День в деревушке кончался рано — уже в четыре часа гора закрывала солнце. Хозяева дали мне толстую свечу, но сидеть с маленьким огоньком в комнате было скучно, и большую часть времени я проводила в горах.

Никогда еще я не знала такой душевной наполненности, такой радости жизни, как в этом одиночестве среди огромных скал, могучих деревьев и чудесного солнечного неба. И все же пути мне не было, какие-то злые силы и здесь не оставляли меня в покое. Однажды, бродя по горам, я увидела между скал узенькую тропинку, загороженную палкой с надписью, прочитать которую я не смогла. Было очень заманчиво посмотреть, куда ведет эта тропинка, и я осторожно стала пробираться в глубь леса. Скоро передо мною открылась необыкновенной красоты пропасть. Дно ее было усыпано камнями разных пород, они так искрились на солнце, что казалось, будто разверзшиеся недра выбросили на поверхность земли все свои богатства. Невозможно было оторвать глаз от этой необыкновенной красоты, и, уже не глядя под ноги, я пошла дальше. Вдруг земля осыпалась у меня под ногами, и, едва успев ухватиться рукой за сук, я повисла над пропастью. Оцепенев от ужаса, я стала неистово кричать и звать на помощь в бессознательной надежде, что какой-нибудь случайный прохожий услышит меня.
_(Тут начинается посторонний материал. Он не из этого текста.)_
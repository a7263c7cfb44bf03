// A season's files, one after the other: each is read, judged under four ones and counted on the sheet.
ghost use Rattle.std.specs.Prelude.{List, [], ◌∷◌, ◌++◌, ◌≤◌, length};
ghost use Rattle.rules.specs.Calls.{Judged, four_ones, judged};
ghost use Rattle.season_sheet.specs.Holds.{FoundAs, SeasonSoFar, SheetWithRoom};

use crate::cues::put_cues;
use crate::groups::{Kept, keep_first};
use crate::sheet::{Sheet, with_accepted, with_refused};
use calls::measure_script;
use reader::load;
use rules::Refusal;

// How many files a season has at most, the bytes of that many longest reports, and the cues of that many files of 256 rows.
pub const FILES: usize = 64;

pub const REPORTS: usize = 133_696;

pub const CUES: usize = 16_384;

// What is found of a file: the answer of a report call, the ticks, and how many cues it has.
#[derive(Clone, Copy)]
pub struct FileFigures {
    pub reply: Result<usize, Refusal>,
    pub ticks: u64,
    pub cues: usize,
}

// The report of a file under four ones and its cue numbers, each at the front of what is lent, and its ticks.
pub fn measure(file: &[u8], rest: &mut [u8], cues: &mut [u32]) -> FileFigures
    requires { 256 ≤ length cues.old }
    ensures { FoundAs (judged four_ones 1_024 file.now) rest.old rest.new cues.old cues.new result }
{
    let mut ranges = [[0i32; 2]; 16];
    let mut table = [0u32; 1024];
    match load(file, &mut ranges, &mut table) {
        Ok(script) => {
            let fired = put_cues(&table, script.count, cues);
            let measured = measure_script(file, &table, script, ranges, &[1; 4], rest);
            FileFigures {
                reply: measured.reply,
                ticks: measured.ticks,
                cues: fired,
            }
        }
        Err(refusal) => FileFigures {
            reply: Err(refusal),
            ticks: 0,
            cues: 0,
        },
    }
}

// A file more on the sheet: `counts` by refusal number, and of the groups' first files the reports with their lengths and the cue numbers
// with how many they are.
// The file's report and cue numbers are written behind them.
pub fn add_file(
    file: &[u8],
    sheet: Sheet,
    counts: &mut [u64; 21],
    lengths: &mut [usize],
    reports: &mut [u8],
    fired: &mut [usize],
    cues: &mut [u32],
) -> Sheet
    requires { SheetWithRoom sheet counts.old lengths.old reports.old fired.old cues.old }
    ensures { ((js : List Judged) → SeasonSoFar js sheet counts.old lengths.old reports.old
        fired.old cues.old → SeasonSoFar (js ++ (judged four_ones 1_024 file.now ∷ [])) result
        counts.new lengths.new reports.new fired.new cues.new) }
{
    let used = sheet.used;
    let cued = sheet.cued;
    let kept = Kept {
        groups: sheet.groups,
        used,
        cued,
    };
    let found = measure(file, &mut reports[used..], &mut cues[cued..]);
    match found.reply {
        Ok(len) => {
            let count = found.cues;
            let fresh = keep_first(kept, len, count, lengths, &reports[..], fired, &cues[..]);
            with_accepted(sheet, found.ticks, len, count, fresh)
        }
        Err(refusal) => with_refused(sheet, refusal.number, counts),
    }
}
Эхо повторяло мой крик. Я чувствовала, что рука моя немеет, и в отчаянии кричала из последних сил, почти уже теряя сознание. Вдруг какие-то страшные клещи схватили меня. Очнулась я на поляне в лесу. Около меня стоял молодой парень в тирольской шляпе. На мало понятном мне наречии он кое-как объяснил, что пас коров неподалеку и, услышав мои крики, побежал на помощь. С трудом добралась я до дому и несколько дней не могла прийти в себя. Мой спаситель время от времени навещал меня. Он приносил с собой цитру, что было очень кстати, так как разговаривать было затруднительно, и, аккомпанируя себе, приятным голосом пел тирольские песенки. Скоро эти визиты прекратились, так как вместе со своим стадом он перебрался в другое место. Страшное происшествие было забыто, и я по-прежнему целые дни проводила в горах. Но пути мне все-таки не было. Я заболела.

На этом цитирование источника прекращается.